TAX - Avoid at Your Peril



 
"The high levels of taxation in any country is usually directly attributable to the high evasion levels in that country."
 

"Avoid, evade, what's the difference, as long as you don't pay taxes".

This is the philosophy of many Americans today. But it is not one that any of us should necessarily agree with. The facts are that someone has to pay for our roads, our children's education, our welfare system and our law enforcement - and so on.

But paying more than your legal share? …Now that’s a different story.

Tax Avoidance is an "industry” that never stops growing. For many it’s "the game to play". People and businesses have become so tired of high taxes that they often decide to fight back.

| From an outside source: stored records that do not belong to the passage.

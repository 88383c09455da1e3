ghost use Rattle.std.specs.Prelude.{◌≡◌, ◌<◌, [], ◌∷◌, length, IsTrue, List, OnOk};
ghost use Rattle.carol_formula.specs.Linear.{Linear};
ghost use Rattle.carol_elimination.specs.Tightened.{tightened};
ghost use Rattle.carol_elimination.specs.Derived.{AreDerived};
ghost use Rattle.carol_elimination.specs.Entries.{row_in, rows_in, AreInside, Grow, IsMade};
ghost use Rattle.carol_elimination.specs.declared.stage.Verdict.TheVariants.{LeftOut};
ghost use Rattle.carol_elimination.specs.Extends.{Extend, IsVerdict, IsKnown, placed};

use crate::arena::Arena;
use crate::combination::content;
use carol_cert::RowStep;
use carol_formula::{Term, Variable, is_same};
use std::alloc::{AllocError, Global};
use std::collections::BTreeMap;

/// Numbers of rows that stand for all rows of a stage. Rows with the same coefficients are found by
/// a number that is made of these.
#[derive(Drop)]
pub struct Stage {
    rows: Vec<u32>,
    places: BTreeMap<u64, usize>,
}

/// What becomes of a row that comes to a stage.
#[derive(Clone, Copy)]
pub enum Verdict {
    /// It says no more than a row of the stage.
    LeftOut,
    /// It says more than the row at the place, with the same coefficients.
    Replaces(usize),
    /// It is added.
    New,
}

impl Verdict {
    fn is_left_out(self) -> bool
        ensures { IsTrue result → self ≡ LeftOut }
    {
        matches!(self, Verdict::LeftOut)
    }
}

// A prime below 2^61.
const PRIME: u128 = 2_305_843_009_213_693_951;

const FACTOR: u128 = 1_000_003;

// The key with one product more.
fn mixed(key: u64, product: &(Variable, i128)) -> u64 {
    let Variable(variable) = product.0;
    let sign: u128 = if product.1 < 0 { 1 } else { 2 };
    let size = product.1.unsigned_abs() % PRIME;
    ((u128::from(key) * FACTOR + u128::from(variable) + size * 3 + sign) % PRIME) as u64
}

// A number that is the same for rows with the same coefficients, and seldom for others.
fn key_of(row: &Term) -> u64 {
    let mut key = 0;
    for product in row.pairs() {
        key = mixed(key, product);
    }
    key
}

// Whether the rows have the same coefficients.
fn same_coefficients(one: &Term, other: &Term) -> bool
    ensures { IsTrue result → one.now.pairs ≡ other.now.pairs }
{
    let mut left = one.pairs();
    let mut right = other.pairs();
    while let Some((first, more)) = left.split_first() {
        match right.split_first() {
            Some((second, rest)) if is_same(first, second) => {
                left = more;
                right = rest;
            }
            _ => return false,
        }
    }
    right.is_empty()
}

impl Stage {
    /// No rows.
    pub fn new(alloc: Global) -> Stage
        ensures { result.rows.items ≡ [] }
    {
        Stage {
            rows: Vec::new(alloc),
            places: BTreeMap::new(alloc),
        }
    }

    /// The numbers alone.
    pub fn into_rows(self) -> Vec<u32>
        ensures { result.items ≡ self.rows.items }
    {
        let Stage { rows, places: _ } = self;
        rows
    }

    // What becomes of the row.
    fn verdict(&self, arena: &Arena, row: &Term) -> Verdict
        requires { AreInside arena.now self.now.rows.items }
        ensures { IsVerdict (rows_in arena.now self.now.rows.items) row.now result }
    {
        if row.pairs().is_empty() && row.rest() <= 0 {
            return Verdict::LeftOut;
        }
        let Some(place) = self.places.get(&key_of(row)) else {
            return Verdict::New;
        };
        if *place < self.rows.len() {
            self.compared(arena, row, *place)
        } else {
            Verdict::New
        }
    }

    // What becomes of the row beside the one at the place.
    fn compared(&self, arena: &Arena, row: &Term, place: usize) -> Verdict
        requires inside { AreInside arena.now self.now.rows.items }
        requires known { place < length self.now.rows.items }
        ensures { IsVerdict (rows_in arena.now self.now.rows.items) row.now result }
    {
        let other = arena.row(self.rows[place]);
        if !same_coefficients(row, other) {
            Verdict::New
        } else if row.rest() <= other.rest() {
            Verdict::LeftOut
        } else {
            Verdict::Replaces(place)
        }
    }

    // Puts the number of a row to its place.
    fn put(&mut self, verdict: Verdict, key: u64, at: u32) -> Result<(), AllocError>
        requires { IsKnown verdict (length self.old.rows.items) }
        ensures { OnOk result (self.new.rows.items ≡ placed verdict at self.old.rows.items) }
    {
        match verdict {
            Verdict::LeftOut => Ok(()),
            Verdict::Replaces(place) => {
                self.rows[place] = at;
                Ok(())
            }
            Verdict::New => {
                self.places.insert(key, self.rows.len())?;
                self.rows.push(at)?;
                Ok(())
            }
        }
    }

    /// Takes a row that was made before.
    pub fn keep(&mut self, arena: &Arena, at: u32) -> Result<(), AllocError>
        requires inside { AreInside arena.now self.old.rows.items }
        requires known { at < length arena.now }
        ensures inside { OnOk result (AreInside arena.now self.new.rows.items) }
        ensures extend { OnOk result (Extend (rows_in arena.now self.old.rows.items)
            (rows_in arena.now self.new.rows.items) (row_in arena.now at ∷ [])) }
    {
        let row = arena.row(at);
        let verdict = self.verdict(arena, row);
        self.put(verdict, key_of(row), at)?;
        Ok(())
    }

    /// Takes a row that a step makes, divided by the greatest common divisor of its coefficients.
    pub fn add(&mut self, arena: &mut Arena, step: RowStep, row: Term) -> Result<(), AllocError>
        requires { AreInside arena.old self.old.rows.items }
        ensures inside { OnOk result (AreInside arena.new self.new.rows.items) }
        ensures extend { OnOk result (Extend (rows_in arena.old self.old.rows.items)
            (rows_in arena.new self.new.rows.items) (tightened row ∷ [])) }
        ensures grow { OnOk result (Grow arena.old arena.new) }
        ensures derived { OnOk result ((given : List Linear) → IsMade given arena.old step row
            → AreDerived given arena.old → AreDerived given arena.new) }
    {
        let divisor = content(&row);
        if divisor <= 1 {
            return self.add_whole(arena, step, row);
        }
        let divided = row.divide(divisor as i128)?;
        let verdict = self.verdict(arena, &divided);
        if verdict.is_left_out() {
            return Ok(());
        }
        let key = key_of(&divided);
        let a = arena.push(step, row)?;
        let d = divisor as i128;
        let at = arena.push(RowStep::Tighten { a, d }, divided)?;
        self.put(verdict, key, at)?;
        Ok(())
    }

    // Takes a row that a step makes.
    fn add_whole(&mut self, arena: &mut Arena, step: RowStep, row: Term) -> Result<(), AllocError>
        requires { AreInside arena.old self.old.rows.items }
        ensures inside { OnOk result (AreInside arena.new self.new.rows.items) }
        ensures extend { OnOk result (Extend (rows_in arena.old self.old.rows.items)
            (rows_in arena.new self.new.rows.items) (row ∷ [])) }
        ensures grow { OnOk result (Grow arena.old arena.new) }
        ensures derived { OnOk result ((given : List Linear) → IsMade given arena.old step row
            → AreDerived given arena.old → AreDerived given arena.new) }
    {
        let verdict = self.verdict(arena, &row);
        if verdict.is_left_out() {
            return Ok(());
        }
        let key = key_of(&row);
        let at = arena.push(step, row)?;
        self.put(verdict, key, at)?;
        Ok(())
    }
}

Whatever your views and whatever you do, keep in the area of Avoidance. Keep out of the area of Evasion.

Evasion and Avoidance – what’s the difference?
Evasion has never been an acceptable method of reducing one's tax bill.

Tax Evasion is tax theft. It is where one wilfully attempts to evade their legal liability for tax by providing false information and records or omitting things that should have been disclosed. To constitute evasion, there must have existed the intention to deceive.

Avoidance is quite different. There is no deceit.

It is the legal and logical arrangement of one's affairs so that full advantage is taken of all the favourable terms and allowances available under Tax Law and by doing so their final tax to pay is less than it would otherwise be.

Tax Evasion is an old game
The high levels of taxation in any country is usually directly attributable to the high evasion levels in that country.

Evasion has been practised since the first rulers started to levy a head tax. In ancient Greece, tax evasion was a capital offence while the French regard tax evasion as a citizen's duty. But while in ancient times they evaded head tax by hiding their slaves under a bushel, today's unscrupulous evaders are able to employ top tax accountants to use every available device to pay less.

There is always the group that regard all taxation as theft and no one is able to convince them otherwise. They view evasion as being smart rather than a crime. They work on the principle of rendering unto Caesar only that which cannot be hidden from him.

Some tactics people use to evade
Evasion comes in many forms. It is far easier for the self-employed and big businesses to evade tax, than it is for the ordinary salary and wage earner.

Here are just a few methods some use:

  1. Retailers who "skim" money by taking cash from the till. This "suppresses sales", reduces taxable profit and lowers tax to pay.

  2. Deliberately reducing the true accounts receivables (reduces money owing to the business thus reducing taxable income)

  3. The swap of cash for goods or services. This is difficult to trace as it does not show in the bank account so sales are hidden from the Tax Man.

  4. Under valuation of the stock figures. Although this reduces the year’s taxable profit, it is only a temporary deferral measure.

  5. Charging expenditure to the business that has not been legitimately incurred in producing the income of the business. That is, straight out theft or fraud.

There is more - much kmore.

What about tax planning?
Any tax plan created for the purpose of minimising taxation must take into account the complex play between law, tax and business. Taxation is a very complex subject. There are many pitfalls. Constant changes in tax law can easily leave many accountants and lawyers far behind in their attempts to keep up with the play.

In tax planning there is no substitute for a team effort between the accountant, lawyer and the client to produce a carefully researched plan that would be acceptable to any scrutiny from the Internal Revenue Service. Where necessary request a ruling from the Tax Man before proceeding.

Any proposal should be examined thoroughly for unforeseen side effects before its final implementation. Remember, the best of plans need to consider the possible effects of the failure of that plan. The Tax Act gives the IRS wide powers for upsetting schemes and plans which do not meet with the requirements of legislation.

Clients must be forewarned that they may possibly have to fight every inch to hang onto any tax advantages that may occur from a particular plan or scheme.

How to test yourself for Evasion or Avoidance
You can test whether your proposed plan amounts to evasion or avoidance by answering the following questions honestly:

Would you carry out your plan if the tax savings were not likely?

  • If yes, - more likely it will be seen as avoidance
  • If no - ask the following further questions

What are my reasons for entering into this "plan or scheme"?

  • For protection against insolvency or for other sound business reasons – if for these reasons, then it’s more likely that it would be viewed as avoidance

  • If your reasons are mixed, ask yourself whether you have 3 good reasons why it makes good commercial sense to enter into the arrangement, aside from tax reduction. If you have 3 you are probably outside the law or at least you will have ammunition for convincing the IRS that you are not trying to evade tax. If you don’t have 3 then you are most likely in the evasion area.